What emerged was a fascinating picture. We found concrete proof that when a new centromere variant arises, it doesn't just instantly take over. Instead, we observe instances where two distinct types of centromeres exist within the population simultaneously. These variants then spread through a slow, step-by-step process of genetic drift and positive selection, changing their distribution one by one until one reaches fixation.

The key insight is that the cell's main division machinery acts like a strict quality control filter. Only those new centromere variants that can still latch onto the spindle (the cell's pulling mechanism) can survive and spread. If a variant is incompatible, it simply gets eliminated by natural selection. This finding gives us an unprecedented look at the evolutionary constraints—the rules—that govern how this crucial connection is maintained through evolution.

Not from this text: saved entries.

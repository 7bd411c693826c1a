//! The end.
ghost use Rattle.std.specs.Prelude.{◌≡◌, ◌≤◌, ◌<◌, None, Contains, length};
ghost use Rattle.std.proofs.Props.{props};
ghost use Rattle.ev_base.specs.Terms.{Terms};
ghost use Rattle.ev_base.specs.End.{IsFresh};
ghost use Rattle.ev_base.specs.Net.{NetAttaches};
ghost use Rattle.ace7_input.specs.Places.{EndsAt};

use crate::place::Place;
use ev_base::{Got, Handle, Mask, Net, NetFailed, PeerEnd, Sent, Taken};

/// An end whose reads give the bytes of another one, but with the order octet of version 2 in
/// each header. Each call makes the same call of that one, once, and takes no memory. It tells no
/// parts of a story.
#[derive(Drop)]
pub struct Ace7End<E: PeerEnd> {
    inner: E,
    place: Place,
    ghost placed: { EndsAt (E.tells inner).bytes place } by { Prim.hlevel props },
}

impl<E: PeerEnd> Ace7End<E> {
    ghost use Rattle.ace7_input.specs.Ends.{end_within, ace7_end_facts, Ace7EndKeeps};

    /// An end over this one, which has made no call.
    pub fn new(inner: E) -> Ace7End<E>
        requires { IsFresh (E.tells inner) }
        ensures end { end_within result ≡ inner }
        ensures fresh { IsFresh (ace7_end_facts E.tells result) }
        ensures kept { (t : Terms) → E.keeps t inner → t.stories ≡ None
            → Ace7EndKeeps E.keeps t result }
    {
        Ace7End {
            inner,
            place: Place::start(),
        }
    }

    /// The end within.
    pub fn into_inner(self) -> E
        ensures { result ≡ end_within self }
    {
        let Ace7End { inner, place: _ } = self;
        inner
    }

    /// Attaches the end within to a net.
    pub(crate) fn attach_to<M: Net<End = E>>(
        &mut self,
        net: &mut M,
        handle: Handle,
        mask: Mask,
    ) -> Result<(), NetFailed>
        requires place { 1 ≤ (M.facts net.old).spare }
        requires absent { Contains (M.facts net.old).attached handle.0 → ⊥ }
        ensures attaches { NetAttaches (M.facts net.old) handle.0 mask
            (ace7_end_facts E.tells self.old).serial result (M.facts net.new) }
        ensures told { ace7_end_facts E.tells self.new ≡ ace7_end_facts E.tells self.old }
        ensures end_kept { (t : Terms) → M.keeps t net.old → Ace7EndKeeps E.keeps t self.old
            → Ace7EndKeeps E.keeps t self.new }
        ensures kept { (t : Terms) → M.keeps t net.old → Ace7EndKeeps E.keeps t self.old
            → M.keeps t net.new }
    {
        net.attach(&mut self.inner, handle, mask)
    }
}

impl<E: PeerEnd> PeerEnd for Ace7End<E> {
    ghost use Rattle.ace7_input.specs.Ends.{ace7_end_facts, Ace7EndKeeps};
    ghost use Rattle.ace7_input.specs.NoStory.{keeps_stories};

    ghost tells = { ace7_end_facts E.tells };

    ghost keeps = { Ace7EndKeeps E.keeps };

    fn is_listener(&self) -> bool {
        self.inner.is_listener()
    }

    fn read(&mut self, buf: &mut [u8]) -> Got {
        let got = self.inner.read(buf);
        if let Got::Bytes(count) = got {
            self.place.pass_on(&mut buf[..count]);
        }
        got
    }

    fn write(&mut self, piece: &[u8]) -> Sent {
        self.inner.write(piece)
    }

    fn accept(&mut self) -> Taken<Ace7End<E>> {
        match self.inner.accept() {
            Taken::One(end) => Taken::One(Ace7End::new(end)),
            Taken::Pause => Taken::Pause,
            Taken::Failed => Taken::Failed,
        }
    }

    ghost keeps_story = { keeps_stories E.tells E.keeps E.keeps_story };
}
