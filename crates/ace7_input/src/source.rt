//! The source.
ghost use Rattle.std.specs.Prelude.{◌≡◌, ◌<◌, [], length};
ghost use Rattle.std.proofs.Props.{props};
ghost use Rattle.ev_base.specs.Bytes.{HasGiven};
ghost use Rattle.ev_base.specs.Source.{Reads};
ghost use Rattle.ace7_input.specs.Places.{EndsAt};

use crate::place::Place;
use ev_base::{Got, Source};

/// A source whose bytes are those of another one, but with the order octet of version 2 in each
/// header. It makes one read of that for each of its own, and takes no memory.
#[derive(Drop)]
pub struct Ace7Source<S: Source> {
    inner: S,
    place: Place,
    ghost placed: { EndsAt (S.facts inner).bytes place } by { Prim.hlevel props },
}

impl<S: Source> Ace7Source<S> {
    ghost use Rattle.ace7_input.specs.Ends.{source_within};

    /// A source over this one, which has given nothing.
    pub fn new(inner: S) -> Ace7Source<S>
        requires { HasGiven (S.facts inner).bytes [] }
        ensures { source_within result ≡ inner }
    {
        Ace7Source {
            inner,
            place: Place::start(),
        }
    }

    /// The source within.
    pub fn into_inner(self) -> S
        ensures { result ≡ source_within self }
    {
        let Ace7Source { inner, place: _ } = self;
        inner
    }
}

impl<S: Source> Source for Ace7Source<S> {
    ghost use Rattle.ace7_input.specs.Ends.{ace7_source_facts};

    ghost facts = { ace7_source_facts S.facts };

    fn read(&mut self, buf: &mut [u8]) -> Got {
        let got = self.inner.read(buf);
        if let Got::Bytes(count) = got {
            self.place.pass_on(&mut buf[..count]);
        }
        got
    }
}
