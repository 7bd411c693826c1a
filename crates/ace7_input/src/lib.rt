//! The bytes of clients that use ACE 7 as it stands, read as records of version 2: a source over
//! any source, and an end, a net and a host over any of these.
//!
//! Such a client writes the fields of version 2, whose seconds have 64 bits, after an order octet
//! of version 1. So 2 is added to the first octet of each header, as long as headers follow one
//! another. After what is no header every byte is given as it is.
#![tactic(auto)]

mod begun;
mod end;
mod host;
pub mod laws;
mod net;
mod place;
mod source;

pub use end::Ace7End;
pub use host::Ace7Host;
pub use net::Ace7Net;
pub use source::Ace7Source;
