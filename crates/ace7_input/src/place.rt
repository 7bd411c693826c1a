//! Where in a client's bytes the next one stands.
ghost use Rattle.std.specs.Prelude.{◌≡◌, ◌≤◌, ◌<◌, ◌∷◌, [], ℕ, List, length};
ghost use Rattle.cdr_record.specs.Grammar.{payload_length};
ghost use Rattle.ace7_input.specs.Places.{place_after};
ghost use Rattle.ace7_input.specs.Wide.{widened};

use crate::begun::Begun;
use byteorder::{BigEndian, ByteOrder, LittleEndian};

/// The fewest bytes of a payload of version 2, and the most.
const LEAST: usize = 24;

const MOST: usize = 65_560;

/// Where the next byte stands.
#[derive(Clone, Copy)]
pub(crate) enum Place {
    /// So many bytes before the next header.
    Payload(usize),
    /// In a header.
    Header(Begun),
    /// After what is no header.
    Behind,
}

/// Where the byte after a whole header stands.
pub(crate) fn after(header: &[u8]) -> Place
    requires { length header.now ≡ 8 }
    ensures { result ≡ place_after header.now }
{
    let length = payload_length(header);
    if length < LEAST || length > MOST {
        Place::Behind
    } else {
        Place::Payload(length)
    }
}

// The payload's length, as the header says.
#[tactic(auto, unfolding(cdr_record::specs::Grammar::number, cdr_record::specs::Grammar::order_of))]
fn payload_length(header: &[u8]) -> usize
    requires { length header.now ≡ 8 }
    ensures { result ≡ payload_length header.now }
{
    let length = if header[0] % 2 == 0 {
        BigEndian::read_u32(&header[4..])
    } else {
        LittleEndian::read_u32(&header[4..])
    };
    length as usize
}

// The order octet of version 2 for one of version 1, and another one as it is.
fn widened(octet: u8) -> u8
    requires { octet < 4 }
    ensures { result ≡ widened octet }
{
    if octet < 2 { octet + 2 } else { octet }
}

impl Place {
    ghost use Rattle.ace7_input.specs.Places.{Passes};

    /// Before the first header.
    pub(crate) fn start() -> Place
        ensures { result ≡ Place.Payload 0 }
    {
        Place::Payload(0)
    }

    /// Makes a piece what stands for it.
    pub(crate) fn pass_on(&mut self, bytes: &mut [u8])
        ensures { Passes self.old bytes.old bytes.new self.new }
    {
        let mut at = 0;
        while at < bytes.len() {
            let passing = self.pass(bytes.len() - at);
            if passing > 0 {
                at += passing;
            } else {
                bytes[at] = self.take(bytes[at]);
                at += 1;
            }
        }
    }

    // Passes bytes that are as they are, at most so many, and tells how many.
    fn pass(&mut self, most: usize) -> usize
        ensures within { result ≤ most }
        ensures passes { (piece : List ℕ) → length piece ≡ result
            → Passes self.old piece piece self.new }
    {
        match *self {
            Place::Behind => most,
            Place::Payload(left) => {
                let passing = left.min(most);
                *self = Place::Payload(left - passing);
                passing
            }
            Place::Header(_) => 0,
        }
    }

    // Takes the next byte, and tells what stands for it.
    fn take(&mut self, byte: u8) -> u8
        ensures { Passes self.old (byte ∷ []) (result ∷ []) self.new }
    {
        match *self {
            Place::Behind => byte,
            Place::Payload(left) if left > 0 => {
                *self = Place::Payload(left - 1);
                byte
            }
            Place::Payload(_) => self.take_octet(byte),
            Place::Header(begun) => {
                *self = begun.add(byte);
                byte
            }
        }
    }

    // Takes the first byte of what may be a header.
    fn take_octet(&mut self, byte: u8) -> u8
        requires { self.old ≡ Place.Payload 0 }
        ensures { Passes self.old (byte ∷ []) (result ∷ []) self.new }
    {
        if byte < 4 {
            *self = Place::Header(Begun::new(byte));
            widened(byte)
        } else {
            *self = Place::Behind;
            byte
        }
    }
}
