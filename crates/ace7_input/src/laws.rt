//! The laws of what is given. Each function here has a law as its contract and does nothing.

ghost use Rattle.ace7_input.specs.Laws as L;

/// A record of version 2, whether its order octet is one of version 1 or says so, is given as it
/// was meant.
pub fn record_is_widened()
    ensures { L.RecordIsWidened }
{}

/// What begins with no order octet is given as it is.
pub fn other_is_left()
    ensures { L.OtherIsLeft }
{}

/// As many bytes are given as the client sent.
pub fn has_same_length()
    ensures { L.HasSameLength }
{}
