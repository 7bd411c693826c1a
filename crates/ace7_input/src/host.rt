//! The host.
ghost use Rattle.std.specs.Prelude.{◌≡◌};

use crate::{Ace7End, Ace7Net};
use ev_base::{Host, ListenRefused};
use std::alloc::Global;

/// A host whose connections are those of another one, of clients that use ACE 7 as it stands.
#[derive(Drop)]
pub struct Ace7Host<H> {
    inner: H,
}

impl<H> Ace7Host<H> {
    ghost use Rattle.ace7_input.specs.Nets.{host_within};

    /// A host over this one.
    pub fn new(inner: H) -> Ace7Host<H>
        ensures { host_within result ≡ inner }
    {
        Ace7Host { inner }
    }
}

impl<H: Host> Host for Ace7Host<H> {
    ghost use Rattle.ace7_input.specs.Nets.{host_within, ace7_host_keeps};

    type End = Ace7End<H::End>;

    type Net = Ace7Net<H::Net>;

    type Waker = H::Waker;

    ghost faults = { λ host. H.faults (host_within host) };

    ghost ports = { λ host. H.ports (host_within host) };

    ghost keeps = { ace7_host_keeps H.keeps };

    fn listen(
        &mut self,
        alloc: Global,
        port: u16,
    ) -> Result<(Ace7Net<H::Net>, Ace7End<H::End>, H::Waker), ListenRefused> {
        let (net, end, waker) = self.inner.listen(alloc, port)?;
        Ok((Ace7Net::new(net), Ace7End::new(end), waker))
    }

    ghost keeps_open = { λ t host leaves. (H.keeps_open t host.inner leaves, leaves.stories) };
}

Why Now? The Role of Technology
We couldn't have done this ten years ago. Centromeres are notoriously messy, repetitive stretches of DNA. But thanks to the revolution in long-read sequencing technology, we can now get "telomere-to-telomere" genome assemblies. This means we can finally read through these complex regions without missing anything. This technological leap allows us to look beyond just the standard model organisms and study centromeres in hundreds of different species. Coupled with this, our work is one of the very first to directly test this coevolutionary dance between the centromere and the division machinery, making it a foundational reference for the field.
Ultimately, what started as a simple way of counting chromosomes became our key to unlocking the fundamental evolutionary rules governing centromere evolution.
And what about that first story, the one with the roadblocks? It turned out that the method we developed not only shed light on over a billion years of centromere history but also definitively answered our initial question: the smallest number of chromosomes in our dataset is indeed six. Very occasionally nature does behave as expected.